Should unpolished contigs be used in further analysis?

isovic / racon

Ultrafast consensus module for raw de novo genome assembly of long uncorrected reads. http://genome.cshlp.org/content/early/2017/01/18/gr.214270.116 Note: This was the original repository which will no longer be officially maintained. Please use the new official repository here:

https://github.com/lbcb-sci/racon

MIT License

272 stars 49 forks source link

Should unpolished contigs be used in further analysis? #104

Open aleksandrabliznina opened 5 years ago

aleksandrabliznina commented 5 years ago

Hi!

Thank you for the amazing tool! It's very helpful!!! Unfortunately, I am struggling with a question and can not find the right answer myself. I have Oxford Nanopore reads that I assemble with Canu into contigs. As a next step, I polish these contigs with corrected and trimmed reads that Canu produces using Racon in 3 iterations. So far, I did not have any significant reductions in the number of contigs (for example, only 17 contigs remain unpolished out of 383 contigs); this I consider as "fine" and do not take these 17 contigs in further analysis. But with the last assembly that I did for the same organism but another individual, I got a significant reduction: 189 contigs out of 428 were filtered out as unpolished (in terms of genome size they do not occupy a lot - less than 10%). I understand that I can easily get them back with "-u" option. But the question is if I should keep them at all? What is your experience with this kind of problem?
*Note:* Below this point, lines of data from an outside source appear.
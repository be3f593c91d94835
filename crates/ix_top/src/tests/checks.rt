// The files of a play, checked.
use super::*;
use crate::Finding;

// The status of a check of these files.
fn checked<R: Threads + Wait + Sync>(
    rt: &R,
    alloc: Global,
    replies: &[u8],
    trace: &[u8],
) -> Result<Status, NoMemory> {
    let mut files = Vec::new(alloc);
    files.push((Role::Conf, Bytes::from_slice(alloc, CONF)?))?;
    files.push((Role::Capture, Bytes::from_slice(alloc, CAPTURE)?))?;
    files.push((Role::Script, Bytes::from_slice(alloc, SCRIPT)?))?;
    files.push((Role::GivenReplies, Bytes::from_slice(alloc, replies)?))?;
    files.push((Role::GivenTrace, Bytes::from_slice(alloc, trace)?))?;
    let mut memory = MemHost::new(alloc, files, 0, Vec::new(alloc))?;
    let words = words(alloc, &CHECK)?;
    Ok(ix(rt, alloc, &words, &mut memory, &Open))
}

const CHECK: [&str; 6] = ["check", "conf", "script", "capture", "replies", "trace"];

#[test]
fn what_was_played_is_accepted(rt: HostRuntime) -> Result<(), Fail> {
    let alloc = rt.alloc();
    let (_, memory) = played(&rt, alloc, b"", SCRIPT, &Open)?;
    let trace = memory.written(Role::Trace);
    assert_eq!(rt; checked(&rt, alloc, REPLIES, trace)?, Status::Done);

    let refused = checked(&rt, alloc, &REPLIES[1..], trace)?;
    assert_eq!(rt; refused, Status::Refused(Finding::Point { number: 4 }));
    assert_eq!(rt; refused.number(), 8);
    assert_eq!(rt;
        status_text(alloc, &refused)?.as_slice(),
        b"ix: refused: point 4".as_slice()
    );

    let refused = checked(&rt, alloc, REPLIES, b"head 2\n")?;
    assert_eq!(rt; refused, Status::Refused(Finding::Text { line: 1 }));
    assert_eq!(rt;
        status_text(alloc, &refused)?.as_slice(),
        b"ix: refused: text 1".as_slice()
    );
    Ok(())
}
Thank you very much for your help!

rvaser commented 5 years ago

Hello Aleksandra, unpolished sequences are those that do not have a region covered with at least 3 other reads, which usually means that they are either of poor quality and the mapper is unable map anything to them, or they are contained in some other contig and majority of reads has a better overlap with the bigger contig (only the best mapping per read is taken for consensus). You can check the min, max, avg/median size of the dropped sequences and if they are really small you could just drop them. You can also check if they are contained in any other contig. Or you can try using all read to contig mappings and check the number of dropped contigs (option -f in racon). Whichever seems the easiest. I am not sure whether to keep or drop the unpolished sequence.

Best regards, Robert

pjm43 commented 5 years ago

Hi, Sorry for jumping in on this thread, but similar to Aleksandra, I have an ONT-based canu assembly and I'm wondering if I should be using racon with the original raw ONT reads or if I should actually be using the corrected or trimmed reads that canu produces. I assumed it should be the raw reads as the corrected reads and trimmed reads only represent a subset of the raw reads (I think the default for canu is to select the largest 35-40X coverage set). Any insight would be helpful! Thanks, Jeff

rvaser commented 5 years ago

Hi Jeff, I have not tried using corrected/trimmer reads in polishing, usually we use raw reads when it comes to TGS. Could you try both and compare the outcome?

Best regards, Robert

Rohit-Satyam commented 5 months ago

I have the same question like which one to use corrected or raw read. Did you guys concluded anything?